The EBOE had voted to initiate tuition for out-of-district students attending Enterprise City Schools for the next school year at a meeting April 16 at the recommendation of ECS Superintendent Greg Faught.
“Our own policies and procedures are negatively affecting our school system,” Faught said before recommending initiation of a $150 per student per year tuition for students who live outside of Enterprise City limits.
“When we inherited my father-in-law’s house we figured that was good because we were zoned for Enterprise City Schools,” Carter, a Level Plains resident, told the board. “The area we live in has been part of the Enterprise City Schools since before I came to Enterprise in 1997.
“We put just as much into the school system as anybody else does regardless of where we live. We pay for classroom materials, we pay for trips, we help with fundraisers and we volunteer in our children’s classrooms,” she added. “We’re part of this community. (Tuition) basically split the community in half. It’s like we are outcasts.
“I get that I’m not actually a part of this town, but I am a part of this community,” Carter said. “And so are my children and this isn’t right.”
Metz told the board that when she purchased her home two years ago she thought it was in Enterprise City Limits. “But through all of this I have found out that it’s not,” she said. “We don’t necessarily have the funds to pay for tuition, some of us.”
Metz said when she talked to Faught earlier he explained that the decision was prompted not only by overcrowding in the schools but also by the fact that city schools are funded by city residents.
“I understand that funds have to come in for those schools and a lot of us don’t have a problem with paying something, just not what the schedule has put out,” Metz said. “If it’s about the tax money that we don’t pay in, why can’t we give to the school system what we are not currently paying? I ran the numbers and the taxes on my property does not amount to the proposed tuition.”
“For the first time in my life I have felt alienated from something that I have always appreciated and valued for most of my growing up years,” Moore told the board. “We live on a family farm just outside of Enterprise. Half of our farm is in city limits but where we built our home, because of the roads, is on the outside of city limits.

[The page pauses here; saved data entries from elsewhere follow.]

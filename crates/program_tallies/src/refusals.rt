//! Kinds of refusals, with the last case of each.
ghost use Rattle.std.specs.Prelude.{◌≡◌, ◌≤◌, ◌+◌, ◌-◌, min, length};
ghost use Rattle.entity_parts.specs.Refusals.{name_of, number_of};
ghost use Rattle.program_tallies.specs.Kinds.{fault_of, kind_of, name_of_kind, number_of_kind};

use entity_parts::EntityRefusal;
use entity_routing::RouteRefusal;
use pdu_reading::DecodeFault;
use std::net::SocketAddr;
use txn_events::Refusal;

/// How many octets of a refused datagram are kept.
pub const SHOWN_OCTETS: usize = 64;

/// A kind of refusal.
#[derive(Clone, Copy, Debug, PartialEq, Eq)]
pub enum RefusalKind {
    /// No lane receives the event, for this reason.
    Route(RouteRefusal),
    /// The lane refuses the event, for this reason.
    Lane(Refusal),
    /// The lock guards another lane.
    WrongLane,
    /// The datagram's source address is not in the configuration, and datagrams from such sources are dropped.
    ForeignSource,
}

impl RefusalKind {
    /// The kind of an entity's refusal.
    pub fn of(refusal: &EntityRefusal) -> RefusalKind
        ensures kind { result ≡ kind_of refusal.now }
        ensures number { number_of_kind result ≡ number_of refusal.now }
        ensures name { name_of_kind result ≡ name_of refusal.now }
    {
        match refusal {
            EntityRefusal::Route(why) => RefusalKind::Route(*why),
            EntityRefusal::Lane(refused) => RefusalKind::Lane(refused.why),
            EntityRefusal::WrongLane => RefusalKind::WrongLane,
        }
    }

    /// The number printed for the kind.
    pub fn number(self) -> u8
        ensures { result ≡ number_of_kind self }
    {
        match self {
            RefusalKind::Route(why) => why.number(),
            RefusalKind::Lane(why) => why.number(),
            RefusalKind::WrongLane => EntityRefusal::WrongLane.number(),
            RefusalKind::ForeignSource => 27,
        }
    }

    /// The name printed for the kind.
    pub fn name(self) -> &'static str
        ensures { result.now ≡ name_of_kind self }
    {
        match self {
            RefusalKind::Route(why) => why.name(),
            RefusalKind::Lane(why) => why.name(),
            RefusalKind::WrongLane => EntityRefusal::WrongLane.name(),
            RefusalKind::ForeignSource => "ForeignSource",
        }
    }

    /// The decode fault, for a datagram that isn't a PDU.
    pub fn fault(self) -> Option<DecodeFault>
        ensures { result ≡ fault_of self }
    {
        match self {
            RefusalKind::Route(RouteRefusal::DecodeFault(fault)) => Some(fault),
            _ => None,
        }
    }
}

/// The refusals of one kind.
#[derive(Clone, Copy)]
pub struct RefusalCase {
    pub kind: RefusalKind,
    /// How many there were.
    pub count: u64,
    /// How many of them an event has reported.
    pub reported: u64,
    /// The moment of the last one, in milliseconds since 1970.
    pub last: u64,
    /// Where the last one's datagram came from; `None` for a command.
    pub from: Option<SocketAddr>,
    octets: [u8; SHOWN_OCTETS],
    length: usize,
}

impl RefusalCase {
    /// A kind without refusals so far.
    pub(crate) fn new(kind: RefusalKind) -> RefusalCase {
        RefusalCase {
            kind,
            count: 0,
            reported: 0,
            last: 0,
            from: None,
            octets: [0; SHOWN_OCTETS],
            length: 0,
        }
    }

    /// Notes one more refusal, of a datagram with these octets, or of a command, without octets.
    pub(crate) fn note(&mut self, at: u64, from: Option<SocketAddr>, octets: &[u8])
        ensures kind { self.new.kind ≡ self.old.kind }
        ensures count { self.new.count ≡ min (self.old.count + 1) 18446744073709551615 }
        ensures last { self.new.last ≡ at }
        ensures from { self.new.from ≡ from }
    {
        self.count = self.count.saturating_add(1);
        self.last = at;
        self.from = from;
        let length = octets.len().min(SHOWN_OCTETS);
        self.octets[..length].copy_from_slice(&octets[..length]);
        self.length = length;
    }

    /// The first octets of the last one's datagram, at most `SHOWN_OCTETS`.
    pub fn octets(&self) -> &[u8]
        ensures { length result.now ≤ SHOWN_OCTETS }
    {
        self.octets.get(..self.length).unwrap_or(&[])
    }

    /// How many of them no event has reported yet.
    pub fn unreported(&self) -> u64
        ensures { result ≡ self.now.count - self.now.reported }
    {
        self.count.saturating_sub(self.reported)
    }
}
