//! Short callers of the crates that others may build on, each with a test. The READMEs of these crates show them.
#![tactic(auto)]

#[cfg(test)]
mod codec;
#[cfg(test)]
mod config;
#[cfg(test)]
mod disks;
#[cfg(test)]
mod entity;
#[cfg(test)]
mod lanes;
#[cfg(test)]
mod queues;
#[cfg(test)]
mod scripts;
#[cfg(test)]
mod timers;
#[cfg(test)]
mod world;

“For 75 years we’ve been on that farm for the most part. My dad caught the school bus where I caught the school bus and where my kids catch the school bus,” Moore said. “Now suddenly for the first time we are being told, ‘You are a non-citizen. You’re not a part of our community and we might give you the privilege of being a part of our community,’” Moore said. “And it offends me, it hurts me.
“I know your task is huge but could you at least look at something more fair?” he asked. “What I think you’ve brought to us is an exclusion tax and I think it needs to be a more fair tax. If you could evaluate it, I would appreciate it and again, I know your task is great.”
“I’m very disheartened and excluded,” Johnson told the board, adding her concern that the “zoning was just changed without input from anybody that it impacted.
“We live on family land just short of Mount Pleasant and it’s been zoned for Enterprise City Schools for at least 50 years, if not longer. My mother-in-law graduated from Enterprise High School. My husband graduated from EHS, I graduated from EHS and now all of a sudden my kids are not a Wildcat anymore?” Johnson asked. “Why now? Why, all of a sudden after 50 years, are we not allowed to attend without your permission?”
Johnson said that ECS receives Impact Aid because her husband works on federal property. “Shouldn’t that affect the tuition that I have to pay? I know it doesn’t cover everything but it covers something. How did you guys come up with the rates? How did that come about?”
Individuals interested in addressing the board can access a request form at the EBOE website. Forms should be submitted to the school superintendent at least 24 hours prior to the scheduled EBOE meeting. A person will be allowed three uninterrupted minutes to make a presentation.
The next meeting of the EBOE is May 15 at 6 p.m. at the schools’ central office on Hutchinson Street in Enterprise. The meeting is open to the public.